▶ **TRY IT**
Across all the entries below, count each line that holds "with" and report the figure only.

──────────

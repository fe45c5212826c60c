//! The part of a run that a command prints.
ghost use Rattle.std.specs.Prelude.{◌≡◌, ◌==◌, ◌||◌, is_some, nat_lt, IfErr, IfOk};
ghost use Rattle.cli_runs.specs.RunStatus.{HasStatus, IsUnbooted, start_of};

use crate::accounts::print_accounts;
use cli_base::{Coloring, Printing};
use list_parser::BootFault;
use run_lines::{Sink, Source};
use run_scenario::{ScenarioEnd, ScenarioInput};
use std::alloc::Global;
use view_runs::{AloneComparison, CsvRows, JsonRows, TranscriptOptions, alone, run, trace};

/// The part of a run that a command prints.
#[derive(Clone, Copy)]
pub(crate) enum RunView<'a> {
    /// The transcript, and which streams are coloured.
    Run(TranscriptOptions<'a>, Coloring),
    /// A table of the lines.
    Trace {
        /// Whether the table is printed as documents of JSON, a document a line.
        json: bool,
    },
    /// The accounts after the last line.
    Accounts {
        /// Whether they are printed as documents of JSON, in place of a table.
        json: bool,
    },
    /// The replies to the component of this name, in the whole run and alone.
    Alone(&'a [u8]),
}

impl<'a> RunView<'a> {
    /// Returns when the part is printed: the accounts after the run, and each other part during it.
    pub(crate) fn printing(self) -> Printing {
        match self {
            RunView::Accounts { .. } => Printing::Afterwards,
            _ => Printing::Meanwhile,
        }
    }

    /// Returns which streams are coloured: only a transcript has colours.
    pub(crate) fn coloring(self) -> Coloring {
        match self {
            RunView::Run(_, coloring) => coloring,
            _ => Coloring::NOWHERE,
        }
    }
}

/// Runs a scenario, and writes this part of it. Returns how the run ended: with the errors of its own lines, and one more if a
/// component is asked for that has no line. The error is the fault of the boot.
pub(crate) fn view<S: Source, K: Sink, E: Sink>(
    alloc: Global,
    input: ScenarioInput<'_>,
    viewing: RunView<'_>,
    reader: &mut S,
    writer: &mut K,
    complaints: &mut E,
) -> Result<ScenarioEnd, BootFault>
    ensures status { IfOk result (λ ending. HasStatus viewing.entry
        (start_of viewing.entry input.entry) (S.remaining reader.old) ending) }
    ensures unbooted { IfErr result (IsUnbooted input.entry.list.now) }
{
    match viewing {
        RunView::Run(showing, _) => run(alloc, input, showing, reader, writer, complaints),
        RunView::Trace { json: false } => {
            trace(alloc, input, CsvRows, reader, writer, complaints)
        }
        RunView::Trace { json: true } => {
            let format = JsonRows { alloc };
            trace(alloc, input, format, reader, writer, complaints)
        }
        RunView::Accounts { json } => {
            print_accounts(alloc, input, json, reader, writer, complaints)
        }
        RunView::Alone(name) => {
            Ok(comparison_end(alone(alloc, input, name, reader, writer, complaints)?))
        }
    }
}

// Returns how a comparison ended: with one more error if the component has no line or another reply alone.
fn comparison_end(compared: AloneComparison) -> ScenarioEnd
    ensures fault { result.fault ≡ compared.ending.fault }
    ensures errors { nat_lt 0 result.complaints ≡ (compared.lines == 0
        || is_some compared.difference || nat_lt 0 compared.ending.complaints) }
{
    if compared.lines == 0 || compared.difference.is_some() {
        compared.ending.complained()
    } else {
        compared.ending
    }
}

──────────

▶ **TASK OUTPUT**
2